Гоголь уступает Пушкину не только в «универсализме». Гоголь проигрывает Пушкину прежде всего как сатирик писателю по преимуществу не сатирическому. Не позитивный он, изобразитель пошлости пошлого человека! Точность и уместность определения «сатирик» вызывает серьезные сомнения. Однако все попытки его корректировки или отмены оказываются для расхожего представления о Гоголе, и поныне формируемого и поддерживаемого школьным, а отчасти и университетским образованием, тщетными. Гоголь à la Бахтин – русский раблезианец, приверженный амбивалентному смеху, – остается как комический писатель фигурой слишком легковесной, чтобы претендовать на первое место среди русских художников слова. Не выручает и дар изумительного стилиста – на этом, вслед за Набоковым, построил свой панегирик автору «Носа» Леонид Парфенов, назвавший Гоголя предтечей русского модернизма[102]
. В аннотации к диску с записью фильма разъясняется: «По словам Леонида Парфенова, необычное название фильма продиктовано множеством образов, связанных с личностью и творчеством великого писателя. Он и в самом деле “диковинная птица”, воистину, он “гоголем” прошелся в истории мировой литературы, как ходит эта порода уток-нырков. И даже нос, то есть клюв, сделал главным органом и литературным героем». Пробраться с пропавшим носом в калашный ряд русской изящной словесности, однако же, затруднительно: какие бы глубинные подтексты ни обнаруживала в гоголевской повести пытливая мысль филолога[103], в глазах неискушенного читателя «Нос» остается не более чем забавной «побасенкой».Представление о Гоголе прежде всего как о религиозном писателе, «писателе-аскете, продолжателе святоотеческих традиций в русской литературе, религиозном мыслителе и публицисте, авторе молитв»[104]

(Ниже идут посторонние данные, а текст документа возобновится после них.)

//! A running channel program, as its callers see it.

ghost use Rattle.std.specs.Prelude.{◌≡◌, ◌*◌, ◌≤◌, true, false, Some, None, is_some};
ghost use Rattle.s360_words.specs.Storage.{Storage as StorageState};
ghost use Rattle.ckd_command.specs.Drive.{drive_of, is_written};
ghost use Rattle.ckd_drive.specs.Work.{DriveState, CallsStore};
ghost use Rattle.s360_laws.specs.Scripts.{TakesInterruption};
ghost use Rattle.s360_laws.specs.Units.{standing_in, phase_past};
ghost use Rattle.s360_laws.specs.Unsaved.{has_written};
ghost use Rattle.s360_program.specs.Advances.{Rests, Advances, RunsOn, Cuts, CallsAtMost, NeedNoStore, TellsOf, CutTellsOf};
ghost use Rattle.s360_storage.specs.Kept.{KeepsStorage};
ghost use Rattle.s360_program.specs.Stands.{Stands, phase_in};
ghost use Rattle.s360_program.specs.Seen.{seen_in};
ghost use Rattle.s360_program.specs.Starting.{IsFirst, StartsQuietly};

use crate::conditions::csw_at;
use crate::place::{Fetched, Place};
use crate::run::Run;
use crate::starting::{First, first_command};
use crate::view::ProgramView;
use ckd_command::DriveEnding;
use ckd_drive::Drive;
use ckd_image::ImageStore;
use s360_storage::MainStorage;
use s360_words::{Caw, ChannelStatus, Csw, UnitStatus};
use std::marker::Model;

/// A channel program that was accepted and has not ended. Bytes, drive and storage are not kept in it.
#[derive(Drop)]
pub struct Running {
    pub(crate) run: Run,
}

impl Model for Running {
    ghost use Rattle.s360_program.specs.Stands.{RunningState, Within};

    ghost Value = { RunningState };

    ghost use Rattle.s360_program.specs.Place.{place_of};
    ghost use Rattle.s360_program.specs.Stage.{stage_of};

    ghost view = { λ r. record { key = r.run.key; place = place_of r.run.place; stage = stage_of r.run } };

    ghost invariant = { λ r. Within (record { key = r.run.key; place = place_of r.run.place; stage = stage_of r.run }) };
}

/// What Start I/O makes of a program's first unit.
#[derive(Drop)]
pub enum Start {
    /// A bad channel address word, or a program check at the first word: nothing is started.
    Bad,
    /// The drive rejects the first command; its sense bytes say why.
    Rejected,
    /// The program is over at once, as the drive ended its only command; and whether an interruption was asked for.
    Immediate(DriveEnding, bool),
    /// The program runs.
    Accepted(Running),
}

/// What units of a program came to.
#[derive(Clone, Copy)]
pub struct Advance {
    /// How many were done: all that were asked for, unless the program ended.
    pub done: u16,
    /// The channel status word of a program that ended, and whether the arm still moves.
    pub ending: Option<(Csw, bool)>,
}

/// The same of more units than 16 bits count.
#[derive(Clone, Copy)]
pub struct LongAdvance {
    /// How many were done: all that were asked for, unless the program ended.
    pub done: u32,
    /// The channel status word of a program that ended, and whether the arm still moves.
    pub ending: Option<(Csw, bool)>,
}

impl Running {
    /// Does the first unit of the program that a channel address word leads to: the fetch of its first command.
    ///
    /// It makes no call of the store. After every answer but `Accepted` no command is open in the drive, and nothing waits
    /// to be saved (Principles of Operation, 'Start I/O').
    pub fn start<S: ImageStore, M: MainStorage>(
        caw: u32,
        storage: &M,
        drive: &mut Drive<S>,
    ) -> Start
        requires { Rests drive.old }
        ensures first { IsFirst (record { caw = caw; storage = M.holds storage.now; drive = drive_of drive.old.state }) result
            drive.old drive.new }
        ensures quiet { StartsQuietly drive.old drive.new }
    {
        let Some(caw) = Caw::from_word(caw) else {
            return Start::Bad;
        };
        let mut place = Place::first(caw.address);
        let Fetched::GoodCcw(ccw) = place.fetch(storage, true) else {
            return Start::Bad;
        };
        drive.begin_program();
        place.go_by(ccw);
        match first_command(caw.key, place, ccw, drive) {
            First::Rejected => Start::Rejected,
            First::Immediate(ending, asked) => Start::Immediate(ending, asked),
            First::Accepted(run) => Start::Accepted(Running { run }),
        }
    }

    /// Does so many units, unless the program ends before. Of storage and drive it asks that they are those of the
    /// program; storage may have changed since the last call.
    ///
    /// Units before which nothing is written, and which look for no area, make no call of the store. Where a call of the store
    /// fails the program is over in that unit, with unit check, and the drive's sense has equipment check. After an ending
    /// nothing may be asked of the program any more: no command is open in the drive, and the track under its arm is saved, or
    /// was not written.
    pub fn advance<S: ImageStore, M: MainStorage>(
        &mut self,
        units: u16,
        storage: &mut M,
        drive: &mut Drive<S>,
    ) -> Advance
        requires { Stands self.old drive.old }
        ensures advances { Advances self.old.key (phase_in self.old (M.holds storage.old) drive.old) units result self.new
            (M.holds storage.new) drive.old drive.new }
        ensures storage { KeepsStorage (M.holds storage.old) (M.holds storage.new) }
        ensures place { M.place storage.new ≡ M.place storage.old }
        ensures calls { CallsAtMost (2 * result.done) drive.old drive.new }
        ensures tells { TellsOf result.ending drive.old drive.new }
        ensures quiet { NeedNoStore self.old.key (phase_in self.old (M.holds storage.old) drive.old) result.done
            → drive.new.image ≡ drive.old.image }
    {
        let ran = self.run_on(u32::from(units), storage, drive);
        Advance {
            done: ran.done as u16,
            ending: ran.ending,
        }
    }

    /// The same of more units than 16 bits count.
    // In line, so that a caller has no copy of what it comes to.
    #[inline(always)]
    pub fn run_on<S: ImageStore, M: MainStorage>(
        &mut self,
        units: u32,
        storage: &mut M,
        drive: &mut Drive<S>,
    ) -> LongAdvance
        requires { Stands self.old drive.old }
        ensures runs { RunsOn self.old.key (phase_in self.old (M.holds storage.old) drive.old) units result self.new (M.holds storage.new)
            drive.old drive.new }
        ensures most { result.done ≤ units }
        ensures storage { KeepsStorage (M.holds storage.old) (M.holds storage.new) }
        ensures place { M.place storage.new ≡ M.place storage.old }
        ensures calls { CallsAtMost (2 * result.done) drive.old drive.new }
        ensures tells { TellsOf result.ending drive.old drive.new }
        ensures quiet { NeedNoStore self.old.key (phase_in self.old (M.holds storage.old) drive.old) result.done
            → drive.new.image ≡ drive.old.image }
    {
        if self.run.is_within_read(units, storage, drive) {
            self.run.pass_read_bytes(units, storage, drive);
            return LongAdvance {
                done: units,
                ending: None,
            };
        }
        let mut run = self.run;
        let ran = run.advance(units, storage, drive);
        if ran.ending.is_none() {
            self.run = run;
        }
        ran
    }

    /// Cuts the program, as Halt I/O and a reset do: the open command is closed by the bytes that have passed, where any
    /// have, and the track under the arm is saved if it was written. Answers the channel status word, whether the arm still
    /// moves, and cylinder and head of a track that could not be saved (Principles of Operation, 'Halt I/O').
    pub fn cut<S: ImageStore>(self, drive: &mut Drive<S>) -> (Csw, bool, Option<(u16, u16)>)
        requires { Stands self drive.old }
        ensures cut { (s : StorageState) → Cuts self.key (phase_in self s drive.old) result drive.old drive.new }
        ensures calls { (s : StorageState) → CallsStore false (has_written (phase_in self s drive.old)) drive.old
            drive.new }
        ensures tells { CutTellsOf result drive.old drive.new }
        ensures rests { Rests drive.new }
    {
        let mut run = self.run;
        let (csw, motion) = run.cut(drive);
        (csw, motion, drive.unsaved())
    }

    /// The channel status word of the interruption that a word of the program asked for, which is taken by this call; none
    /// where none is asked for (Principles of Operation, 'Program-Controlled Interruption').
    pub fn take_pci(&mut self) -> Option<Csw>
        ensures answer { (s : StorageState) (d : DriveState)
            → result ≡ (standing_in self.old.key (phase_in self.old s d)).interruption }
        ensures taken { (s : StorageState) (d : DriveState)
            → phase_in self.new s d ≡ phase_past TakesInterruption (phase_in self.old s d) }
        ensures stands { (d : DriveState) → Stands self.old d → Stands self.new d }
        ensures key { self.new.key ≡ self.old.key }
    {
        let place = &mut self.run.place;
        if !place.interruption {
            return None;
        }
        place.interruption = false;
        Some(csw_at(
            self.run.key,
            &self.run.place,
            UnitStatus(0),
            ChannelStatus::PROGRAM_CONTROLLED_INTERRUPTION,
        ))
    }

    /// What is seen of the program between two units: the word at work and the next one, the residual count, and what the next
    /// unit does. It is read off the phase in which the program stands.
    pub fn view(&self) -> ProgramView
        ensures { (s : StorageState) (d : DriveState) → Stands self.now d
            → result ≡ seen_in self.now.key (phase_in self.now s d) }
    {
        let run = &self.run;
        ProgramView {
            key: run.key,
            last: run.place.last,
            next: run.place.next,
            residual: run.place.residual,
            interruption: run.place.interruption,
            at_work: run.at_work(),
        }
    }

    /// Whether an interruption is asked for and not yet taken.
    pub fn interruption_asked(&self) -> bool
        ensures { (s : StorageState) (d : DriveState)
            → result ≡ is_some (standing_in self.now.key (phase_in self.now s d)).interruption }
    {
        self.run.place.interruption
    }
}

, ставшее доминирующим в последние годы в направлении исследований, за которым закрепилось метафорическое именование «религиозного литературоведения», или «религиозной филологии», востребованным властью не оказалось и не закрепилось в общественном сознании. Для этого есть ряд причин. Во-первых, как автор сочинений собственно религиозной направленности, а не, так сказать, беллетрист Гоголь читателям малоизвестен и увлечь большинство из них не может: и потому, что к религиозной тематике многие из читателей, чуждые вопросам веры и невоцерковленные, совершенно равнодушны, а иногда и враждебны; и потому, что наставительное слово Гоголя – автора «Выбранных мест из переписки с друзьями» часто плоскостное и «каменное» – холодное и грубое, а мелочность либо банальность назиданий и тон власть имущего способны покоробить читающего и иногда оскорбить нравственное чувство. Церковь книгу не признала чтением безусловно душеполезным: мнения лиц духовных разделились, иерархи и отец Матвей Константиновский, отозвавшиеся о «Выбранных меcтах <…>», оценили их по преимуществу отрицательно. (Замечательное как памятник проповеднического искусства заключительное письмо XXXII «Светлое Воскресение», при всей его особой важности в составе «Выбранных мест <…>», – скорее отрадное исключение, чем типичный образец гоголевского «назидательного дискурса», а глубокие и эстетически совершенные <«Размышления о Божественной Литургии»> посвящены предмету, далекому для привыкших ценить Гоголя-литератора. И эти произведения относятся к духовной книжности, а не к изящной словесности.)Попытки же трактовки гоголевской «беллетристики» как воплощения, манифестации истин православной веры приводят к искажению перспективы, так как игнорируют жанровые установки и литературные дискурсы, избранные писателем. Например, справедливо исходя из особенной значимости мотивов войны за веру и защиты православия от поругания иноверцев в гоголевской повести «Тарас Бульба», И.А. Виноградов неоправданно рассматривает систему авторских нравственных координат как прямую и простую проекцию христианских ценностей, заповедей и, в отдельных случаях, даже теологуменов, которые постулируются как обязательные для писателя. В самых разных эпизодах повести, не отмеченных аллюзиями на Библию, отыскиваются тем не менее прямые соответствия деяниям, запечатленным в Писании[105]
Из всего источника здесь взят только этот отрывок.